WHAT TO DO: Write out the lines starting at the one that holds "if is_unfit(cond, plan)" and ending with the final line of the data, exactly and with no others.

- - -

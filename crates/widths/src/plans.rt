//! To how many bits the arguments of a call are cut, by its name. An entry of a bundle is for all machines that have the call.
use crate::arguments::cut_bits;
use crate::narrowing::{Plan, WHOLE, WIDEST, cut_to, fits_in, sees_low, suit_call};
use call_tables::call_number;
use machines::Arch;
use profile::Cond;
use std::alloc::{AllocError, Global};

// To how many bits a machine's call cuts the argument of a condition.
fn bits_on(arch: Arch, name: &str, cond: &Cond) -> u32 {
    let Some(nr) = call_number(arch, name) else {
        return WHOLE;
    };
    let bits = cut_bits(arch.token(), nr, cond.index as usize);
    if bits > WIDEST || sees_low(cond, bits) {
        return WHOLE;
    }
    bits
}

// The least to which one of the machines cuts it.
fn bits_of(machines: &[Arch], name: &str, cond: &Cond) -> u32 {
    let mut least = WHOLE;
    for arch in machines {
        least = least.min(bits_on(*arch, name, cond));
    }
    least
}

/// To how many bits the arguments of a call are cut under these conditions.
pub(crate) fn plan_of(machines: &[Arch], name: &str, conds: &[Cond]) -> Plan {
    let mut plan = [WHOLE; 6];
    for cond in conds {
        plan[cond.index as usize] = bits_of(machines, name, cond);
    }
    plan
}

// Whether a machine's call, if it has it, may be cut so.
fn suits_on(arch: Arch, name: &str, conds: &[Cond], plan: &Plan) -> bool {
    match call_number(arch, name) {
        Some(nr) => suit_call(arch.token(), nr, conds, plan),
        None => true,
    }
}

/// Whether the arguments of a call may be cut so on each of the machines.
pub(crate) fn agree(machines: &[Arch], name: &str, conds: &[Cond], plan: &Plan) -> bool {
    machines
        .iter()
        .all(|arch| suits_on(*arch, name, conds, plan))
}

/// Whether an argument is cut.
pub(crate) fn cuts(plan: &Plan) -> bool {
    plan.iter().any(|bits| *bits <= WIDEST)
}

// Whether the argument of a condition is cut, and cannot have the value.
fn is_unfit(cond: &Cond, plan: &Plan) -> bool {
    let bits = plan[cond.index as usize];
    bits <= WIDEST && !fits_in(cond, bits)
}

/// The conditions with the bits that are read of values that their arguments cannot have. Or else the place of the first condition that has
/// no such bits: an order.
pub(crate) fn lowered(
    alloc: Global,
    conds: &[Cond],
    plan: &Plan,
) -> Result<Result<Vec<Cond>, usize>, AllocError> {
    let mut lowers = Vec::new(alloc);
    for (place, cond) in conds.iter().enumerate() {
        match lowered_condition(cond, plan) {
            Some(lower) => lowers.push(lower)?,
            None => return Ok(Err(place)),
        }
    }
    Ok(Ok(lowers))
}

fn lowered_condition(cond: &Cond, plan: &Plan) -> Option<Cond> {
    if is_unfit(cond, plan) {
        return cut_to(cond, plan[cond.index as usize].min(WIDEST));
    }
    Some(*cond)
}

- - -

RESULT OF THIS EXERCISE:
    if is_unfit(cond, plan) {
        return cut_to(cond, plan[cond.index as usize].min(WIDEST));
    }
    Some(*cond)
}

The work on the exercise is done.